## Action item:
Copy exactly the lines of the material below that run from the one containing "is a class." through the one containing "number of the". Copy no other lines.

## Data under study:

▼▼▼

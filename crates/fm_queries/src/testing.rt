// Whether a vector is a class.
ghost use Rattle.std.specs.Prelude.{length, ◌<◌, ◌^◌, ◌≡◌, ℕ};
ghost use Rattle.fm_mat.specs.Matrices.{column_meaning, matrix_meaning};
ghost use Rattle.fm_plan.specs.Queries as plans;
ghost use Rattle.fm_poly.specs.declared.ring.Ring.{Ring};
ghost use Rattle.fm_queries.specs.Founds.{FollowsQuery, class_test};
ghost use Rattle.fm_run.specs.Runs.{Follows};
ghost use Rattle.fm_vec.specs.Components.{AreOver};

use crate::duals::dual_image;
use crate::unanswered::{Refusal, Unanswered};
use fm_mat::Matrix;
use fm_poly::{Poly, PolyError};
use fm_run::{Name, Side, Stop, Task, in_task};
use std::alloc::Global;

/// Whether z is a cocycle of stage e, by the matrix d = d_(i+1): its length, which is the number of rows of d, and the task `test`. It costs
/// a twist, a flip and a product, and spends no unit.
pub fn test_class(alloc: Global, d: &Matrix, e: u8, z: &[Poly]) -> Result<(), Unanswered>
    requires over { AreOver d.now.ring z.now }
    requires room { length z.now < 2 ^ 32 }
    ensures { (units : ℕ) → let r = d.now.ring in
        FollowsQuery (λ u. u) result units units (class_test r e (matrix_meaning r d.now) (column_meaning r z.now) units) }
{
    let found = z.len() as u32;
    let needed = d.rows();
    if found != needed {
        return Err(Unanswered::Refused(Refusal::WrongLength { found, needed }));
    }
    let task = Task {
        side: Side::Alone,
        name: Name::Test,
        number: 0,
    };
    match in_task(task, first_component(alloc, d, e, z))? {
        Some(component) => Err(Unanswered::Refused(Refusal::NotCocycle { component })),
        None => Ok(()),
    }
}

// The number of the first entry of `flip(d^[q]) * z` that is not zero.
fn first_component(alloc: Global, d: &Matrix, e: u8, z: &[Poly]) -> Result<Option<u32>, Stop>
    requires over { AreOver d.now.ring z.now }
    requires rows { length z.now ≡ d.now.rows }
    requires room { length z.now < 2 ^ 32 }
    ensures { (units : ℕ) → let r = d.now.ring in Follows (λ o. o) result units units
        (plans.cocycle_work r e (matrix_meaning r d.now) (column_meaning r z.now) units) }
{
    match dual_image(alloc, d, e, z) {
        Ok(image) => {
            let columns = image.columns();
            Ok(first_nonzero(image.rows(), columns[0].entries()))
        }
        Err(PolyError::Exponent) => Err(Stop::Exponent),
        Err(PolyError::Memory) => Err(Stop::Memory),
    }
}

// The number, from 1, of the first entry that is not zero.
fn first_nonzero(rows: u32, entries: &[Poly]) -> Option<u32>
    requires { length entries.now ≡ rows }
    ensures { (r : Ring) → AreOver r entries.now → result ≡ plans.first_nonzero r 1 (column_meaning r entries.now) }
{
    for k in 0..rows {
        if !entries[k as usize].terms().is_empty() {
            return Some(k + 1);
        }
    }
    None
}
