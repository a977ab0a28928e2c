// Whether a local cohomology module is zero.
ghost use Rattle.std.specs.Prelude.{IfOk, length, ◌+◌, ◌<◌, ◌^◌, ◌≡◌, ◌≤◌};
ghost use Rattle.fm_ext.specs.Exts.{ring_of};
ghost use Rattle.fm_mat.specs.Matrices.{column_meaning};
ghost use Rattle.fm_plan.specs.Following.{FollowsPlan};
ghost use Rattle.fm_plan.specs.Queries.{ask_zero, plan};
ghost use Rattle.fm_queries.specs.Bases.{stable_graph};
ghost use Rattle.fm_queries.specs.Founds.{zero_value};
ghost use Rattle.fm_syz.specs.Insides.{HasColumns};
ghost use Rattle.fm_vec.specs.Components.{AreOver};

use crate::base::{Base, compute_base};
use fm_poly::{Poly, Ring};
use fm_run::{Name, Side, Stopped, Task, Work, in_task};
use fm_syz::{Inside, whole_of};
use std::alloc::Global;

/// Whether the stable kernel is everything, where the module is zero.
#[derive(Drop)]
pub struct Zero {
    pub base: Base,
    pub whole: Inside,
}

/// The plan of the query `zero`, in this degree of the ideal of the generators.
pub fn decide_zero(
    alloc: Global,
    ring: Ring,
    generators: &[Poly],
    degree: u8,
    work: &mut Work,
) -> Result<Zero, Stopped>
    requires some { 1 ≤ ring.vars }
    requires few { ring.vars ≤ 8 }
    requires generators { AreOver ring generators.now }
    requires room { length generators.now + 1 < 2 ^ 32 }
    requires degree { degree < 255 }
    ensures follows { let fs = column_meaning ring generators.now in FollowsPlan (zero_value ring degree fs) result work.old work.new
        (plan ring (ask_zero degree fs) work.old) }
    ensures ring { IfOk result (λ x. ring_of x.base.ext ≡ ring) }
    ensures columns { IfOk result (λ x. HasColumns ring (length (stable_graph x.base).matrix.columns) x.whole) }
{
    let base = compute_base(alloc, Side::Alone, ring, generators, degree, work)?;
    let task = Task {
        side: Side::Alone,
        name: Name::Whole,
        number: 0,
    };
    let whole = in_task(task, whole_of(alloc, base.stable_kernel(), work))?;
    Ok(Zero { base, whole })
}
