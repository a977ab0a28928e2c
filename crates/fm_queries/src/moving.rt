// Moves of classes.
ghost use Rattle.std.specs.Prelude.{IfOk, IsErrOf, OnOk, false, length, true, ◌<◌, ◌^◌, ◌≡◌};
ghost use Rattle.fm_ext.specs.Exts.{IsExt, cocycles_matrix, ideal_of, ring_of};
ghost use Rattle.fm_lift.specs.Lifts.{matrices_meaning};
ghost use Rattle.fm_limit.specs.Classes.{moved_once};
ghost use Rattle.fm_limit.specs.ResolvedIdeal.{matrix_at};
ghost use Rattle.fm_mat.specs.Matrices.{column_meaning, matrix_meaning};
ghost use Rattle.fm_queries.specs.Duals.{move_fits};
ghost use Rattle.fm_vec.specs.Components.{AreOver};

use crate::duals::dual_image;
use fm_ext::Ext;
use fm_mat::{Column, Matrix};
use fm_poly::{Poly, PolyError};
use std::alloc::Global;

/// One move of the class (e, z), to stage e + 1: `flip(theta_i^[q]) * z` for q = p^e. It costs a twist, a flip and a product.
pub fn move_class(alloc: Global, ext: &Ext, e: u8, z: &[Poly]) -> Result<Column, PolyError>
    requires over { AreOver (ring_of ext.now) z.now }
    requires length { length z.now ≡ (cocycles_matrix ext.now).rows }
    requires room { length z.now < 2 ^ 32 }
    ensures moved { let y = ext.now in let r = ring_of y in IfOk result (λ w. column_meaning r w
        ≡ moved_once r.prime r.vars (length y.resolution.next) (ideal_of r y) e (column_meaning r z.now)) }
    ensures over { IfOk result (AreOver (ring_of ext.now)) }
    ensures length { IfOk result (λ w. length w ≡ length z.now) }
    ensures fits { let r = ring_of ext.now in OnOk result (move_fits r ext.now e (column_meaning r z.now) ≡ true) }
    ensures exponent { let r = ring_of ext.now in IsErrOf result PolyError.Exponent
        → move_fits r ext.now e (column_meaning r z.now) ≡ false }
{
    let image = dual_image(alloc, theta(ext), e, z)?;
    let columns = image.columns();
    let moved = columns[0].copy(alloc)?;
    Ok(moved)
}

// theta_i.
fn theta(ext: &Ext) -> &Matrix
    ensures ring { result.now.ring ≡ ring_of ext.entry.now }
    ensures value { let y = ext.entry.now in let r = ring_of y in
        matrix_at r.prime r.vars (matrices_meaning r y.lift) (length y.resolution.next) ≡ matrix_meaning r result.now }
    ensures ext { IsExt ext.entry.now }
{
    let degree = ext.resolution().next().len();
    let lift = ext.lift();
    &lift[degree]
}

▲▲▲

## Result of this task:
// Whether a vector is a class.
ghost use Rattle.std.specs.Prelude.{length, ◌<◌, ◌^◌, ◌≡◌, ℕ};
ghost use Rattle.fm_mat.specs.Matrices.{column_meaning, matrix_meaning};
ghost use Rattle.fm_plan.specs.Queries as plans;
ghost use Rattle.fm_poly.specs.declared.ring.Ring.{Ring};
ghost use Rattle.fm_queries.specs.Founds.{FollowsQuery, class_test};
ghost use Rattle.fm_run.specs.Runs.{Follows};
ghost use Rattle.fm_vec.specs.Components.{AreOver};

use crate::duals::dual_image;
use crate::unanswered::{Refusal, Unanswered};
use fm_mat::Matrix;
use fm_poly::{Poly, PolyError};
use fm_run::{Name, Side, Stop, Task, in_task};
use std::alloc::Global;

/// Whether z is a cocycle of stage e, by the matrix d = d_(i+1): its length, which is the number of rows of d, and the task `test`. It costs
/// a twist, a flip and a product, and spends no unit.
pub fn test_class(alloc: Global, d: &Matrix, e: u8, z: &[Poly]) -> Result<(), Unanswered>
    requires over { AreOver d.now.ring z.now }
    requires room { length z.now < 2 ^ 32 }
    ensures { (units : ℕ) → let r = d.now.ring in
        FollowsQuery (λ u. u) result units units (class_test r e (matrix_meaning r d.now) (column_meaning r z.now) units) }
{
    let found = z.len() as u32;
    let needed = d.rows();
    if found != needed {
        return Err(Unanswered::Refused(Refusal::WrongLength { found, needed }));
    }
    let task = Task {
        side: Side::Alone,
        name: Name::Test,
        number: 0,
    };
    match in_task(task, first_component(alloc, d, e, z))? {
        Some(component) => Err(Unanswered::Refused(Refusal::NotCocycle { component })),
        None => Ok(()),
    }
}

// The number of the first entry of `flip(d^[q]) * z` that is not zero.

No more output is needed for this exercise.